■ **Aim of the task**
Every entry needs to be repeated exactly, with nothing left out.

(Stored items)
Segment Open

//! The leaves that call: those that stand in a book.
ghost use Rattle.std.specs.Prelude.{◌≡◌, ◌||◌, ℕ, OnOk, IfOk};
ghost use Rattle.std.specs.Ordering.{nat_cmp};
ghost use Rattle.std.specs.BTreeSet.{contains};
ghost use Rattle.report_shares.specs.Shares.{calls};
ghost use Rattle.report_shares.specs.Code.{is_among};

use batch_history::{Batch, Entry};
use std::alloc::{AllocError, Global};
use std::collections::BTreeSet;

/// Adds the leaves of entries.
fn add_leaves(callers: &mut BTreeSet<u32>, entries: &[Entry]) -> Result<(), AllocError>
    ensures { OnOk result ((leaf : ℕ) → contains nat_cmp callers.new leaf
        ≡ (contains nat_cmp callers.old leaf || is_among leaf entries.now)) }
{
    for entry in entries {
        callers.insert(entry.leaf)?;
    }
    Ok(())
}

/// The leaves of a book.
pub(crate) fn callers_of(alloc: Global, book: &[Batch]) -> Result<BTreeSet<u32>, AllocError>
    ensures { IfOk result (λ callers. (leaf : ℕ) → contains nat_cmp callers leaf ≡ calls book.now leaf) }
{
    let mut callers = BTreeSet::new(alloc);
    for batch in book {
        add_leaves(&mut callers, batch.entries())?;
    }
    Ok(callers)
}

Segment Closed

■ **Written reply**
//! The leaves that call: those that stand in a book.
ghost use Rattle.std.specs.Prelude.{◌≡◌, ◌||◌, ℕ, OnOk, IfOk};
ghost use Rattle.std.specs.Ordering.{nat_cmp};
ghost use Rattle.std.specs.BTreeSet.{contains};
ghost use Rattle.report_shares.specs.Shares.{calls};
ghost use Rattle.report_shares.specs.Code.{is_among};

use batch_history::{Batch, Entry};
use std::alloc::{AllocError, Global};
use std::collections::BTreeSet;

/// Adds the leaves of entries.
fn add_leaves(callers: &mut BTreeSet<u32>, entries: &[Entry]) -> Result<(), AllocError>
    ensures { OnOk result ((leaf : ℕ) → contains nat_cmp callers.new leaf
        ≡ (contains nat_cmp callers.old leaf || is_among leaf entries.now)) }
{
    for entry in entries {
        callers.insert(entry.leaf)?;
    }
    Ok(())
}

/// The leaves of a book.
pub(crate) fn callers_of(alloc: Global, book: &[Batch]) -> Result<BTreeSet<u32>, AllocError>
    ensures { IfOk result (λ callers. (leaf : ℕ) → contains nat_cmp callers leaf ≡ calls book.now leaf) }
{
    let mut callers = BTreeSet::new(alloc);
    for batch in book {
        add_leaves(&mut callers, batch.entries())?;
    }
    Ok(callers)
}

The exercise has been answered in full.